Instructions to follow:
The answer is a stretch of the material below, returned exactly: the line containing "let _words = &other.words;", the line containing "ℕ) → result", and all lines between.

#### Data excerpts ####

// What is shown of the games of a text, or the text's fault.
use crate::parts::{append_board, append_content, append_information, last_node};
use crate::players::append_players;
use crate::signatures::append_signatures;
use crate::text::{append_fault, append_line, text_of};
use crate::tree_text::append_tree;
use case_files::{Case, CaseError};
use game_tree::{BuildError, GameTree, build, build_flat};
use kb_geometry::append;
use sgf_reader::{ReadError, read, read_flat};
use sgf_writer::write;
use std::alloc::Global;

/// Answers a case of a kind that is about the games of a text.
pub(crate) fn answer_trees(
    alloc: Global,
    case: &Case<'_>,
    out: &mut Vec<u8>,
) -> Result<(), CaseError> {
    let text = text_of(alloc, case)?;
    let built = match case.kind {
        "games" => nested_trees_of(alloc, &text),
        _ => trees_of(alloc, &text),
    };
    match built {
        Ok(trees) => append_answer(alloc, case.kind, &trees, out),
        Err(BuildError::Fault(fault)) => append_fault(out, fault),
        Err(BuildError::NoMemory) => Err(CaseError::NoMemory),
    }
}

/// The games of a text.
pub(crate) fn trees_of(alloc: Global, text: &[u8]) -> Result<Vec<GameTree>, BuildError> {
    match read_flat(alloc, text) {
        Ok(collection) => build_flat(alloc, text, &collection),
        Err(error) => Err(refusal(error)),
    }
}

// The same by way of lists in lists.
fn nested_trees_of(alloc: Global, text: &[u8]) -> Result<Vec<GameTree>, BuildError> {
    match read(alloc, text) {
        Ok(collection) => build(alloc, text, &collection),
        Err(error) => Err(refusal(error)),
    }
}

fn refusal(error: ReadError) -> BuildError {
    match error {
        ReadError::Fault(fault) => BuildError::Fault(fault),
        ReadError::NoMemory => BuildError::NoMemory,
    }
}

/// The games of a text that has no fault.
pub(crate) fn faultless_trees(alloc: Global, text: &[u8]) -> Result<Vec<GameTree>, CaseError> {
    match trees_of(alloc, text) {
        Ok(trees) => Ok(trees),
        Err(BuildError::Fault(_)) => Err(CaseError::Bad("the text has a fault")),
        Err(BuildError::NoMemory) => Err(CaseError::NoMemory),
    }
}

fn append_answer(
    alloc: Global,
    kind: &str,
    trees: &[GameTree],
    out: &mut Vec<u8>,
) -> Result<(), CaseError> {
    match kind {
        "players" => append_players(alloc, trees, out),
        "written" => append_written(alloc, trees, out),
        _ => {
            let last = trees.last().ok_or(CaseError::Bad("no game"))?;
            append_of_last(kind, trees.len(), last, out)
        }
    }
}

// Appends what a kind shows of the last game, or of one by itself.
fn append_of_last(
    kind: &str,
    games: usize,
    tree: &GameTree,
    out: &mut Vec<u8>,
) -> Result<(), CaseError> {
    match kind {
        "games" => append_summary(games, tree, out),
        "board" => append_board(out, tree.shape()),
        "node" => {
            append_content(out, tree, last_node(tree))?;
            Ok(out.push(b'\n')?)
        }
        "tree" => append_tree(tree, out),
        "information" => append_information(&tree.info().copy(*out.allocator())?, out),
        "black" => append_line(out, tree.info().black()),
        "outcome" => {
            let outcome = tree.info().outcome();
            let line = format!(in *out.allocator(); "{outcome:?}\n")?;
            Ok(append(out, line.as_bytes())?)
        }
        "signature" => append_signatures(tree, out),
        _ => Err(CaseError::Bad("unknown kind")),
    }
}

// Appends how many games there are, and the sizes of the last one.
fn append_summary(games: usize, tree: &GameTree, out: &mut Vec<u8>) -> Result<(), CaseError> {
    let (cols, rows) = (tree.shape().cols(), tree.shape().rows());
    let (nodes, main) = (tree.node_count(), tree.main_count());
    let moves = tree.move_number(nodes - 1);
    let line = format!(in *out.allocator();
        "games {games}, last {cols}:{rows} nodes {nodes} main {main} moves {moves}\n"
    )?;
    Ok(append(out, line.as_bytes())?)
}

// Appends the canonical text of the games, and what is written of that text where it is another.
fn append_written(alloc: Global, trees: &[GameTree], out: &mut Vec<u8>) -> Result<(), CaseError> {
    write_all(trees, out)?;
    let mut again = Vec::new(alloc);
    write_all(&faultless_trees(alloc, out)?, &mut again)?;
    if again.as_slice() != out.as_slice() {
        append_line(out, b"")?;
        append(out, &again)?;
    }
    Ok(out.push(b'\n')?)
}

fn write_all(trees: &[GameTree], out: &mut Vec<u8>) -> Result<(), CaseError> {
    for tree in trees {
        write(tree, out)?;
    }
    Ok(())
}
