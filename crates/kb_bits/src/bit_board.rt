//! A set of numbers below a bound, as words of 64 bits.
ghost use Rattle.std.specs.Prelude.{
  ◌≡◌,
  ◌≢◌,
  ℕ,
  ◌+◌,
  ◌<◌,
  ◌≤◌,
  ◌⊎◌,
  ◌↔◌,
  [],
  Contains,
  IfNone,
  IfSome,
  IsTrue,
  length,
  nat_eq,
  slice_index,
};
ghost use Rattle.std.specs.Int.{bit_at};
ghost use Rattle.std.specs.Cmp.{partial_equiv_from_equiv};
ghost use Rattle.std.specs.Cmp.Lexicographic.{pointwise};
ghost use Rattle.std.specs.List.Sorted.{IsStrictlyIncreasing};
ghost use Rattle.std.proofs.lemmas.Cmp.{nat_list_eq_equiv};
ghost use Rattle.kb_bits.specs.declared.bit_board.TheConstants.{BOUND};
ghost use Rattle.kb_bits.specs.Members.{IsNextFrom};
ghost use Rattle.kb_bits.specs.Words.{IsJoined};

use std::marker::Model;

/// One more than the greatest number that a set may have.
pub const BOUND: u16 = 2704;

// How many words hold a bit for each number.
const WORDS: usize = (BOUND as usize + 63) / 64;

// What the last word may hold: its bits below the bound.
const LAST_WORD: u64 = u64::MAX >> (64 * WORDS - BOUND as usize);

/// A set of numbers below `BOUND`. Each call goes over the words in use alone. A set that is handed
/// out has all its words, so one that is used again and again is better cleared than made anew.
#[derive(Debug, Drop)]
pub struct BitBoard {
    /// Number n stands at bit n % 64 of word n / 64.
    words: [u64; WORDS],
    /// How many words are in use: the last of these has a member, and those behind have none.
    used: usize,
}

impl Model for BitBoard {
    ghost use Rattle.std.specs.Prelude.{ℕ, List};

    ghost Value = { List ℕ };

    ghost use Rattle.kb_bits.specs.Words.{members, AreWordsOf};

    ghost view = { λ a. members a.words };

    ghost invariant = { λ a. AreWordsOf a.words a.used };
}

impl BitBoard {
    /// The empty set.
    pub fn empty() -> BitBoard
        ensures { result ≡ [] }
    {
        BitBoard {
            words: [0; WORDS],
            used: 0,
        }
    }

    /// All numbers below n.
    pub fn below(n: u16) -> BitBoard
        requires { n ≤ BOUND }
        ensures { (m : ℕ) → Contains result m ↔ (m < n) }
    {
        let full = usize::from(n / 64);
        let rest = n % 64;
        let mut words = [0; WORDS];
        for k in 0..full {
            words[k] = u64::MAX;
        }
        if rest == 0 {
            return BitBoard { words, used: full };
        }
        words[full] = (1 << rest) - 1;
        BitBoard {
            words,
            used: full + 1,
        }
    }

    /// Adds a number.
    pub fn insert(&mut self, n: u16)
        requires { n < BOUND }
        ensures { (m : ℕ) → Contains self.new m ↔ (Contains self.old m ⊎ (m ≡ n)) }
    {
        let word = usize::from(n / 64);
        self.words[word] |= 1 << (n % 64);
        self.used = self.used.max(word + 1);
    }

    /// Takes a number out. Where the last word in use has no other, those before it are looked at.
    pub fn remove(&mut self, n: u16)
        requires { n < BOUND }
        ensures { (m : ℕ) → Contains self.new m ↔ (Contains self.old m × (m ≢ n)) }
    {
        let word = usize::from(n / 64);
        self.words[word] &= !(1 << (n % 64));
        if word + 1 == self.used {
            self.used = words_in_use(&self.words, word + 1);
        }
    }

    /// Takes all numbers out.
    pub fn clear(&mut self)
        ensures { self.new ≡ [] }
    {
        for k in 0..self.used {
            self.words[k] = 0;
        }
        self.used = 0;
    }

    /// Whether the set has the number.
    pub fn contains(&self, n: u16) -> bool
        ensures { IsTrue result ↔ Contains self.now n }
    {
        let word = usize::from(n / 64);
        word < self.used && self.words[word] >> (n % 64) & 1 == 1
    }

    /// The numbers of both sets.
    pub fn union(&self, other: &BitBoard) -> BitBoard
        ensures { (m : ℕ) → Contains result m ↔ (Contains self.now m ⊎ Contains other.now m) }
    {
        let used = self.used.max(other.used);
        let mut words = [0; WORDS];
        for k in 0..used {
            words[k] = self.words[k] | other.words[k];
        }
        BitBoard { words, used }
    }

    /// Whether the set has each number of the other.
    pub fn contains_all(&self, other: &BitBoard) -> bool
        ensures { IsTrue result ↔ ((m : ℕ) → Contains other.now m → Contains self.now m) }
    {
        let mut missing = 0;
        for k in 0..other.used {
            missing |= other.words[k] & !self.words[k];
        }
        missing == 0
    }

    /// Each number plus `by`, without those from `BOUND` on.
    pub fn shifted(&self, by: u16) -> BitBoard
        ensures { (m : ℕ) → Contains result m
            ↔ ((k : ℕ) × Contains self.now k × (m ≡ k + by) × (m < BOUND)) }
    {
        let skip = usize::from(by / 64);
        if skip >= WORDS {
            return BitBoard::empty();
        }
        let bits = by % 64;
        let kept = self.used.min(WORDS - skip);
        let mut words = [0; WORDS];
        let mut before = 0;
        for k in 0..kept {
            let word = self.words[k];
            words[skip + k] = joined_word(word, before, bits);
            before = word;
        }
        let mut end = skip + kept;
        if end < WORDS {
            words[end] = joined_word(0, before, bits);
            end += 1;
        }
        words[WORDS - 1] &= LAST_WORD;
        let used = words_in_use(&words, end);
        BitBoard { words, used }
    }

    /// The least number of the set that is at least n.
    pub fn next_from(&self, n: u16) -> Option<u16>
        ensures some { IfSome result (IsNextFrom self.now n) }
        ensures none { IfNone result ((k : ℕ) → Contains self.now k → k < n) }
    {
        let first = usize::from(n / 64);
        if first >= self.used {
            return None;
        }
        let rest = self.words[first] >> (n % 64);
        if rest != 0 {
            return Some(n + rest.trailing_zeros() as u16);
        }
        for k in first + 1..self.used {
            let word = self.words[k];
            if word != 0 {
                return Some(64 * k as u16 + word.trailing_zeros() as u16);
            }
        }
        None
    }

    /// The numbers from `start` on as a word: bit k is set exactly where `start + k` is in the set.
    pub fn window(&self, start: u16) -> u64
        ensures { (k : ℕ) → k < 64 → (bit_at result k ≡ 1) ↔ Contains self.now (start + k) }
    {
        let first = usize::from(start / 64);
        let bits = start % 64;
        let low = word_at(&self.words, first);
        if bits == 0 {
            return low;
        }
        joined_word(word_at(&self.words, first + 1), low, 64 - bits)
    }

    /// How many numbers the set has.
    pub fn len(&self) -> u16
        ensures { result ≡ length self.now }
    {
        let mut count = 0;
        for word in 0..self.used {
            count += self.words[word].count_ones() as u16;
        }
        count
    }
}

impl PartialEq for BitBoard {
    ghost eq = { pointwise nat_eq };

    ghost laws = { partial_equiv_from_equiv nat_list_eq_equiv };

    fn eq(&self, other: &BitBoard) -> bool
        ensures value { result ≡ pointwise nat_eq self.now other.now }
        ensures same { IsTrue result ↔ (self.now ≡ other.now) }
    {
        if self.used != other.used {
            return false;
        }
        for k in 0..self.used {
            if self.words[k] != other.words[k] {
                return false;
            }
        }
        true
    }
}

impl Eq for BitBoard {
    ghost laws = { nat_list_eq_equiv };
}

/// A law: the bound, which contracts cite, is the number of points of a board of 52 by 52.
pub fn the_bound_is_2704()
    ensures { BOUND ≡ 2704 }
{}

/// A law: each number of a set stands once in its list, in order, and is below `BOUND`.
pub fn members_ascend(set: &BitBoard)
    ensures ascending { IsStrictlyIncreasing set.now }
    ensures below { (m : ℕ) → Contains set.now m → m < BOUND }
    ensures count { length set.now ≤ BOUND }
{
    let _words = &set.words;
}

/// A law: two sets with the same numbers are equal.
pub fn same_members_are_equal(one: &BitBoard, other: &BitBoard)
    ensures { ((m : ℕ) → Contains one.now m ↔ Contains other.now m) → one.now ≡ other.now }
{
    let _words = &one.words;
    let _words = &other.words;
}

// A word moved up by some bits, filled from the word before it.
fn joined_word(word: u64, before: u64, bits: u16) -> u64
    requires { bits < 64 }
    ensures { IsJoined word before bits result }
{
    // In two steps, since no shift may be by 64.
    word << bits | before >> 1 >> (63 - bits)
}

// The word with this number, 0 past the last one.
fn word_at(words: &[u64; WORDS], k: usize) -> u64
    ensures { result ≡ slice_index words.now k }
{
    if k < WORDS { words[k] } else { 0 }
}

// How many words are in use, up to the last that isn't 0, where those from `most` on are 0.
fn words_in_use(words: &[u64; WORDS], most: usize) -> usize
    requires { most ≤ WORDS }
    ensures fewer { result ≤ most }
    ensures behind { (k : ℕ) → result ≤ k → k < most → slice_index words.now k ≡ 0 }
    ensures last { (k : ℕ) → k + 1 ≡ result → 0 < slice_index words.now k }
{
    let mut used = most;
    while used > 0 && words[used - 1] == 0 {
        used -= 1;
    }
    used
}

####

Reply to the exercise:
    let _words = &other.words;
}

// A word moved up by some bits, filled from the word before it.
fn joined_word(word: u64, before: u64, bits: u16) -> u64
    requires { bits < 64 }
    ensures { IsJoined word before bits result }
{
    // In two steps, since no shift may be by 64.
    word << bits | before >> 1 >> (63 - bits)
}

// The word with this number, 0 past the last one.
fn word_at(words: &[u64; WORDS], k: usize) -> u64
    ensures { result ≡ slice_index words.now k }
{
    if k < WORDS { words[k] } else { 0 }
}

// How many words are in use, up to the last that isn't 0, where those from `most` on are 0.
fn words_in_use(words: &[u64; WORDS], most: usize) -> usize
    requires { most ≤ WORDS }
    ensures fewer { result ≤ most }
    ensures behind { (k : ℕ) → result ≤ k → k < most → slice_index words.now k ≡ 0 }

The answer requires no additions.